GALLATIN, Tenn. – March 30, 2012 – People began lining up at 1 a.m. By the time the 9 a.m. opening had arrived, the line included more than 150 people who had come for a supply of food from the Sumner County Food Bank.
At the monthly giveaway held at Liberty Baptist Church in Gallatin, Tenn., needy Sumner County residents receive a box of meat, a box of dry goods and a box of bread and pastries – plus apples, oranges and onions.
As people waited outside, volunteers inside prepared for the doors to open. They finished organizing the food – enough for 160 people – and received final instructions in the church’s sanctuary.
“You may be the only Bible some of these people ever read,” one of the organizers told them. Smile. Be nice.
Among the volunteers was a group of Union University students spending the week in nearby Hendersonville as part of a Global Outreach trip. Union sent out 12 such teams during spring break, both domestically and internationally, with about 150 students participating.
The Hendersonville team worked with Redeemer Church, a congregation started by Union University alumnus Jamie Mosley only 18 months ago.
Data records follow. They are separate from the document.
//! A text, line by line.

ghost use Rattle.std.specs.Prelude.{◌≡◌, true, ◌≢◌, ◌≤◌, [], length, None, IfErr, IfNone, IfOk, IfSome};
ghost use Rattle.ccr_base.specs.Bounds.{most_wiring_bytes};
ghost use Rattle.ccr_text.specs.Answers.{Gives, GivesState};
ghost use Rattle.ccr_text.specs.Fields.{seen};
ghost use Rattle.ccr_wiring.specs.Openness.{is_closed};
ghost use Rattle.ccr_wiring.specs.Valid.{IsValid};
ghost use Rattle.ccr_wiretext.specs.Answers.{IsReading, IsNoText};
ghost use Rattle.ccr_wiretext.specs.Lines.{IsText};
ghost use Rattle.ccr_wiretext.specs.Reading.{version_word, version_of, after_all, after_clean, at_end, reading_text};
ghost use Rattle.ccr_wiretext.specs.Scanning.{IsLineRefused, IsLineTaken};

use crate::draft::{Block, Draft};
use crate::keyword::keyword_of;
use crate::refused::ReadRefused;
use crate::scanning::plain_post;
use ccr_base::OutOfMemory;
use ccr_text::{Code, Cursor, Stop, is_comment, is_text, take_line};
use ccr_wiring::{Parts, Unfit, Wiring};
use std::alloc::Global;
use std::marker::Model;

/// The most bytes that a wiring or a service may have.
pub const MAX_WIRING_TEXT: usize = 1_048_576;

/// What is declared so far: nothing before the line that gives the version.
#[derive(Drop)]
struct Reader {
    alloc: Global,
    draft: Option<Draft>,
}

impl Model for Reader {
    ghost use Rattle.ccr_wiretext.specs.Reading.{So};

    ghost Value = { So };

    ghost view = { λ reader. reader.draft };
}

fn version_word(word: &[u8]) -> Option<u32>
    ensures { result ≡ version_word word.now }
{
    if is_text(word, "1") {
        Some(1)
    } else if is_text(word, "2") {
        Some(2)
    } else {
        None
    }
}

/// The version of the line `ccr 1` or `ccr 2`.
fn version_of(words: &[&[u8]]) -> Option<u32>
    ensures { result ≡ version_of (seen words.now) }
{
    match words {
        [first, second] if is_text(first, "ccr") => version_word(second),
        _ => None,
    }
}

impl Reader {
    fn new(alloc: Global) -> Self
        ensures { result ≡ None }
    {
        Reader { alloc, draft: None }
    }

    #[tactic(auto, unfolding(crate::specs::Reading::after_all, crate::specs::Reading::after_words))]
    fn words(&mut self, words: &[&[u8]]) -> Result<(), Stop<Code>>
        ensures { GivesState self.new result (after_all self.old (seen words.now)) }
    {
        let Some((first, others)) = words.split_first() else {
            return Ok(());
        };
        if is_comment(first) {
            return Ok(());
        }
        match &mut self.draft {
            Some(draft) => draft.line(keyword_of(first), Cursor::new(others)),
            None => {
                let Some(version) = version_of(words) else {
                    return Err(Stop::Refused(Code::Version));
                };
                self.draft = Some(Draft::new(self.alloc, version));
                Ok(())
            }
        }
    }

    /// Takes in the words of the next line, which is clean or isn't.
    fn line(&mut self, clean: bool, words: &[&[u8]]) -> Result<(), Stop<Code>>
        ensures { GivesState self.new result (after_clean self.old clean (seen words.now)) }
    {
        if !clean {
            return Err(Stop::Refused(Code::Unclean));
        }
        self.words(words)
    }

    /// Takes in the text's first line where it is a plain post, and answers what stands behind it.
    fn plain_line<'t>(&mut self, text: &'t [u8]) -> Result<Option<&'t [u8]>, OutOfMemory>
        ensures taken { IfOk result (λ found. IfSome found (λ behind. IsLineTaken self.old text.now self.new behind.now)) }
        ensures left { IfOk result (λ found. IfNone found (self.new ≡ self.old)) }
    {
        let Some(draft) = &mut self.draft else {
            return Ok(None);
        };
        let Some(post) = plain_post(text) else {
            return Ok(None);
        };
        if !draft.plain_post(post.port, post.number)? {
            return Ok(None);
        }
        Ok(Some(post.behind))
    }

    /// Takes in the text's first line, and answers what stands behind it. No word is copied, and all lines use one list of words.
    fn next<'t>(
        &mut self,
        text: &'t [u8],
        words: &mut Vec<&'t [u8]>,
    ) -> Result<&'t [u8], Stop<Code>>
        requires { text.now ≢ [] }
        ensures taken { IfOk result (λ behind. IsLineTaken self.old text.now self.new behind.now) }
        ensures refused { IfErr result (IsLineRefused self.old text.now) }
    {
        if let Some(behind) = self.plain_line(text)? {
            return Ok(behind);
        }
        let (clean, behind) = take_line(text, words)?;
        self.line(clean, words)?;
        Ok(behind)
    }

    /// The parts, at the end of the text.
    #[tactic(auto, unfolding(crate::specs::Reading::at_end))]
    fn end(self) -> Result<Parts, Stop<Code>>
        ensures { Gives result (at_end self) }
    {
        let Reader { alloc: _, draft } = self;
        let Some(draft) = draft else {
            return Err(Stop::Refused(Code::Version));
        };
        let Draft {
            alloc: _,
            parts,
            budgeted: _,
            names: _,
            spotted: _,
            block,
        } = draft;
        match block {
            Block::Outside => Ok(parts),
            _ => Err(Stop::Refused(Code::OpenBlock)),
        }
    }
}

#[tactic(auto, unfolding(crate::specs::Reading::reading_after, crate::specs::Reading::after_line))]
fn read_text(alloc: Global, text: &[u8]) -> Result<Parts, ReadRefused>
    requires { length text.now ≤ most_wiring_bytes }
    ensures { IsReading result (reading_text text.now) }
{
    let mut reader = Reader::new(alloc);
    let mut words = Vec::new(alloc);
    let mut rest = text;
    let mut last: u32 = 0;
    'lines: while !rest.is_empty() {
        last += 1;
        match reader.next(rest, &mut words) {
            Ok(behind) => rest = behind,
            Err(stop) => return Err(ReadRefused::of(last, stop)),
        }
    }
    match reader.end() {
        Ok(parts) => Ok(parts),
        Err(stop) => Err(ReadRefused::of(last.max(1), stop)),
    }
}

/// The parts that a text says, or its first offending line and the code. Near linear in the text's length.
fn read_parts(alloc: Global, text: &[u8]) -> Result<Parts, ReadRefused>
    requires { length text.now ≤ most_wiring_bytes }
    ensures reading { IsReading result (reading_text text.now) }
    ensures grammar { IfOk result (λ parts. IsText text.now parts) }
    ensures valid { IfOk result (λ parts. IsValid parts) }
    ensures closed { IfOk result (λ parts. is_closed parts ≡ true) }
    ensures refused { IfErr result (λ refused. IsNoText text.now refused) }
{
    read_text(alloc, text)
}

/// The wiring that a text says, or its first offending line and the code (docs/FORMATS.md). Near linear in the text's
/// length.
pub fn read_wiring(alloc: Global, text: &[u8]) -> Result<Wiring, ReadRefused>
    requires { length text.now ≤ most_wiring_bytes }
    ensures reading { IsReading result (reading_text text.now) }
    ensures grammar { IfOk result (λ wiring. IsText text.now wiring) }
    ensures closed { IfOk result (λ wiring. is_closed wiring ≡ true) }
    ensures refused { IfErr result (λ refused. IsNoText text.now refused) }
{
    let parts = read_parts(alloc, text)?;
    match Wiring::check(alloc, parts) {
        Ok(wiring) => Ok(wiring),
        Err(Unfit::Memory) => Err(ReadRefused::Memory),
        Err(Unfit::Code(_)) => unreachable!(),
    }
}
Union students helped Mosley and other church members with a variety of outreach efforts during the week, including a cookout at Volunteer State Community College, neighborhood evangelism and handing out water bottles at the YMCA.
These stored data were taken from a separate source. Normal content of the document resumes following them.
//! Models of the database, and what they refute.
use crate::tests::{ADA, BILL, FINANCE, JO, TOM, TOYS, database, personnel, six_facts};
use calls::answer::Verdict;
use checker::checker::Checker;
use flat_shelf::flat::FlatShelf;
use shelves::record::Record;
use std::test::Fail;
use trials::raw::{one, three, two};
use trials::runs::{counter, lodges};
use trials::said::Said;

fn not_entailed(query: usize, size: usize) -> Said {
    Said::Judged(Verdict::NotEntailed { query, size })
}

/// The database is a model as it stands; the queries that match in it are not refuted.
#[test]
fn the_database_is_a_model(rt: HostRuntime) -> Result<(), Fail> {
    let book = personnel(rt.alloc())?;
    let mut records = [Record::blank(); 7];
    let mut checker = Checker::new(book, FlatShelf::new(&mut records), 1);
    let _ = lodges(&mut checker, database());
    assert_eq!(rt; counter(&mut checker, 3, &[]), not_entailed(3, 7));
    assert_eq!(rt; counter(&mut checker, 4, &[]), not_entailed(4, 7));
    assert_eq!(rt; counter(&mut checker, 1, &[]), Said::Refused(19, 1, 0));
    assert_eq!(rt; counter(&mut checker, 2, &[]), Said::Refused(19, 2, 0));
    Ok(())
}

/// Without the atom of predicate 6 sentence c fails where Jo directs finance; the atom can be added.
#[test]
fn the_split_head_is_needed(rt: HostRuntime) -> Result<(), Fail> {
    let book = personnel(rt.alloc())?;
    let mut records = [Record::blank(); 6];
    let mut checker = Checker::new(book, FlatShelf::new(&mut records), 1);
    let _ = lodges(&mut checker, six_facts());
    assert_eq!(rt; counter(&mut checker, 3, &[]), Said::Refused(17, 3, 2));
    assert_eq!(rt;
        counter(&mut checker, 3, &[three(6, JO, FINANCE, ADA)]),
        not_entailed(3, 7)
    );
    Ok(())
}

/// A manager who directs nothing: rule 2 at the place of `2 12`.
#[test]
fn no_model_where_ada_directs_nothing(rt: HostRuntime) -> Result<(), Fail> {
    let book = personnel(rt.alloc())?;
    let mut records = [Record::blank(); 7];
    let mut checker = Checker::new(book, FlatShelf::new(&mut records), 1);
    let _ = lodges(&mut checker, database());
    assert_eq!(rt;
        counter(&mut checker, 3, &[one(2, ADA)]),
        Said::Refused(17, 2, 7)
    );
    assert_eq!(rt;
        counter(&mut checker, 3, &[one(1, BILL), one(2, ADA)]),
        Said::Refused(17, 2, 8)
    );
    assert_eq!(rt; checker.size(), 7);
    Ok(())
}

/// Ada directs finance and supervises herself, who works there.
#[test]
fn ada_supervises_herself(rt: HostRuntime) -> Result<(), Fail> {
    let book = personnel(rt.alloc())?;
    let mut records = [Record::blank(); 7];
    let mut checker = Checker::new(book, FlatShelf::new(&mut records), 1);
    let _ = lodges(&mut checker, database());
    let atoms = [
        one(2, ADA),
        two(3, ADA, FINANCE),
        two(4, ADA, ADA),
        three(6, ADA, FINANCE, ADA),
    ];
    assert_eq!(rt; counter(&mut checker, 5, &atoms), not_entailed(5, 11));
    assert_eq!(rt; counter(&mut checker, 3, &atoms), Said::Refused(19, 3, 0));
    Ok(())
}

/// Ada directs finance and supervises Bill, who works there.
#[test]
fn ada_supervises_bill(rt: HostRuntime) -> Result<(), Fail> {
    let book = personnel(rt.alloc())?;
    let mut records = [Record::blank(); 7];
    let mut checker = Checker::new(book, FlatShelf::new(&mut records), 1);
    let _ = lodges(&mut checker, database());
    let atoms = [
        one(2, ADA),
        two(3, ADA, FINANCE),
        two(4, ADA, BILL),
        two(5, BILL, FINANCE),
        three(6, ADA, FINANCE, BILL),
    ];
    assert_eq!(rt; counter(&mut checker, 5, &atoms), not_entailed(5, 12));
    assert_eq!(rt; counter(&mut checker, 4, &atoms), Said::Refused(19, 4, 0));
    Ok(())
}

/// Ada directs toys and supervises Bill, who works there: so that she directs finance does not follow.
#[test]
fn ada_directs_toys(rt: HostRuntime) -> Result<(), Fail> {
    let book = personnel(rt.alloc())?;
    let mut records = [Record::blank(); 8];
    let mut checker = Checker::new(book, FlatShelf::new(&mut records), 1);
    let _ = lodges(&mut checker, database());
    assert_eq!(rt; lodges(&mut checker, [one(2, ADA)]), [Said::At(7)]);
    let atoms = [
        two(3, ADA, TOYS),
        two(4, ADA, BILL),
        two(5, BILL, TOYS),
        three(6, ADA, TOYS, BILL),
    ];
    assert_eq!(rt; counter(&mut checker, 3, &atoms), not_entailed(3, 12));
    assert_eq!(rt; counter(&mut checker, 5, &atoms), Said::Refused(19, 5, 0));
    Ok(())
}

/// Ada directs toys and supervises Tom, who works nowhere: rule 3 at `3 12 22`, or rule 6 at `6 12 22 14`.
#[test]
fn tom_works_nowhere(rt: HostRuntime) -> Result<(), Fail> {
    let book = personnel(rt.alloc())?;
    let mut records = [Record::blank(); 8];
    let mut checker = Checker::new(book, FlatShelf::new(&mut records), 1);
    let _ = lodges(&mut checker, database());
    assert_eq!(rt; lodges(&mut checker, [one(2, ADA)]), [Said::At(7)]);
    let directs = || two(3, ADA, TOYS);
    let supervises = || two(4, ADA, TOM);
    let leads = || three(6, ADA, TOYS, TOM);
    assert_eq!(rt;
        counter(&mut checker, 3, &[directs(), supervises()]),
        Said::Refused(17, 3, 8)
    );
    assert_eq!(rt;
        counter(&mut checker, 3, &[directs(), supervises(), leads()]),
        Said::Refused(17, 6, 10)
    );
    assert_eq!(rt;
        counter(
            &mut checker,
            3,
            &[directs(), supervises(), leads(), two(5, TOM, TOYS)],
        ),
        not_entailed(3, 12)
    );
    Ok(())
}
“The stuff we’re doing this week, there’s no way we could pull it all off if we didn’t have a team,” Mosley said. “Everything we’re asking the team to do is pushing us as a church toward where we feel like we need to be, and they’re just helping us.”
Samantha Adams, a Union University junior from Glendale, Ky., said the trip taught her the importance of serving alongside other church members.
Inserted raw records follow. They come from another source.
//! The worked example: six facts, and `2 12` at place 6.
use crate::tests::{ADA, BILL, FINANCE, JO, TOM, TOYS, personnel, six_facts};
use calls::answer::Verdict;
use checker::checker::Checker;
use flat_shelf::flat::FlatShelf;
use shelves::record::Record;
use shelves::stock::Shelf;
use std::test::Fail;
use trials::raw::{one, three, two};
use trials::runs::{adds, counter, derive, lodges};
use trials::said::{Said, told};

/// The five steps from `2 12`, and the atoms that they add.
fn added<S: Shelf>(checker: &mut Checker<S>) -> [(usize, u32, u32); 4] {
    match checker.open(4) {
        Err(_) => [(0, 0, 0); 4],
        Ok(slip) => {
            for (rule, place) in [(2, 6), (3, 7), (4, 8), (5, 8), (6, 8)] {
                let _ = checker.step(&slip, rule, place);
            }
            let atoms = [
                told(checker.atom_at(7)),
                told(checker.atom_at(8)),
                told(checker.atom_at(9)),
                told(checker.atom_at(10)),
            ];
            let _ = checker.strike(slip);
            atoms
        }
    }
}

#[test]
fn steps_from_ada(rt: HostRuntime) -> Result<(), Fail> {
    let book = personnel(rt.alloc())?;
    let mut records = [Record::blank(); 7];
    let mut checker = Checker::new(book, FlatShelf::new(&mut records), 1);
    let _ = lodges(&mut checker, six_facts());
    assert_eq!(rt; lodges(&mut checker, [one(2, ADA)]), [Said::At(6)]);
    let uses = [(2, 6), (3, 7), (4, 8), (5, 8), (6, 8), (3, 3)];
    let said = [
        Said::At(7),
        Said::At(8),
        Said::Already,
        Said::At(9),
        Said::At(10),
        Said::Refused(13, 0, 3),
    ];
    assert_eq!(rt; adds(&mut checker, 4, uses), said);
    let atoms = [
        (3, 12, 1000000),
        (6, 12, 1000000),
        (4, 12, 1000001),
        (5, 1000001, 1000000),
    ];
    assert_eq!(rt; added(&mut checker), atoms);
    let verdict = Verdict::Entailed {
        query: 4,
        added: 1,
        nulls: 1,
    };
    assert_eq!(rt;
        derive(&mut checker, 4, &[(2, 6)], &[7]),
        Said::Judged(verdict)
    );
    Ok(())
}

/// Rule 7 at `4 11 12`, without `2 12` and with it.
#[test]
fn who_supervises_a_manager(rt: HostRuntime) -> Result<(), Fail> {
    let book = personnel(rt.alloc())?;
    let mut records = [Record::blank(); 7];
    let mut checker = Checker::new(book, FlatShelf::new(&mut records), 1);
    let _ = lodges(&mut checker, six_facts());
    assert_eq!(rt;
        adds(&mut checker, 1, [(7, 3), (7, 0)]),
        [Said::Refused(14, 2, 0), Said::Refused(13, 0, 0)]
    );
    assert_eq!(rt; lodges(&mut checker, [one(2, ADA)]), [Said::At(6)]);
    assert_eq!(rt; adds(&mut checker, 1, [(7, 3)]), [Said::Already]);
    assert_eq!(rt; checker.size(), 7);
    Ok(())
}

/// A model in which Ada directs toys, atom by atom.
#[test]
fn a_model_atom_by_atom(rt: HostRuntime) -> Result<(), Fail> {
    let book = personnel(rt.alloc())?;
    let mut records = [Record::blank(); 7];
    let mut checker = Checker::new(book, FlatShelf::new(&mut records), 1);
    let _ = lodges(&mut checker, six_facts());
    assert_eq!(rt; lodges(&mut checker, [one(2, ADA)]), [Said::At(6)]);
    let atoms = || [
        two(3, ADA, TOYS),
        two(4, ADA, BILL),
        two(5, BILL, TOYS),
        three(6, JO, FINANCE, ADA),
        three(6, ADA, TOYS, BILL),
    ];
    let said = [
        Said::At(7),
        Said::At(8),
        Said::At(9),
        Said::At(10),
        Said::At(11),
    ];
    assert_eq!(rt; adds(&mut checker, 3, atoms()), said);
    let all = atoms();
    let atoms = &all[..];
    assert_eq!(rt;
        counter(&mut checker, 3, &atoms[0..3]),
        Said::Refused(17, 3, 2)
    );
    assert_eq!(rt;
        counter(&mut checker, 3, &atoms[0..4]),
        Said::Refused(17, 3, 7)
    );
    let verdict = Verdict::NotEntailed { query: 3, size: 12 };
    assert_eq!(rt; counter(&mut checker, 3, atoms), Said::Judged(verdict));
    Ok(())
}

/// Lists of atoms that are no model.
#[test]
fn no_models(rt: HostRuntime) -> Result<(), Fail> {
    let book = personnel(rt.alloc())?;
    let mut records = [Record::blank(); 7];
    let mut checker = Checker::new(book, FlatShelf::new(&mut records), 1);
    let _ = lodges(&mut checker, six_facts());
    assert_eq!(rt; lodges(&mut checker, [one(2, ADA)]), [Said::At(6)]);
    let leads = || three(6, JO, FINANCE, ADA);
    let said = counter(&mut checker, 3, &[]);
    assert_eq!(rt; said, Said::Refused(17, 2, 6));
    let said = counter(&mut checker, 3, &[leads()]);
    assert_eq!(rt; said, Said::Refused(17, 2, 6));
    let said = counter(
        &mut checker,
        3,
        &[two(3, ADA, TOYS), two(4, ADA, TOM), leads()],
    );
    assert_eq!(rt; said, Said::Refused(17, 3, 7));
    Ok(())
}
“I got to see how encouraging each other made a much bigger impact than I expected,” Adams said. “My teammates really did spur one another on to good works for God's glory.”
At the cookout at Vol State, the Union volunteers served hamburgers and hot dogs to about 150 people. By the end of their time that day, a sign-up sheet for students who were interested in participating in a Bible study contained more than 70 names.
During the morning at the Sumner County Food Bank, Union students helped organize and distribute the food, with the women handing out the food to those who had come, and the men loading the boxes on hand trucks and wheeling it out to vehicles.
At other times during the week, the Union students walked through local neighborhoods, talking to residents and handing out flyers inviting them to a cookout that Redeemer Church was holding.
“We’ve had some great opportunities to get out and to serve,” said Union enrollment counselor Matthew Marshall, who led the team. “We were able to give out free food and have a lot of really good conversations about Christ and about the gospel.”
Marshall added that the members of Redeemer Church “have been encouraged by our being here, and it’s kind of emboldened them to get out as well into the community.”
Such an impact on the church members was one of Mosley’s goals. Most churches have ideas for types of ministry, but get busy with other things and never get around to those ideas, he said. By having the Union team on the calendar, it forced him and other church members to pursue the outreach efforts they had been planning to do.
“Everything they’re doing this week feels like a shotgun, but the thread that holds it all together is, these are things that we desire to do as a church,” Mosley said.
For Adams, the week was a reminder of what she and other Union students can do not just on special mission trips, but every week of the year.
“Seeing Redeemer Church members seeking to be bold about the gospel in their neighborhoods challenged me,” she said. “Everything we did in Hendersonville we could also do in a five-minute’s walk off Union’s campus.”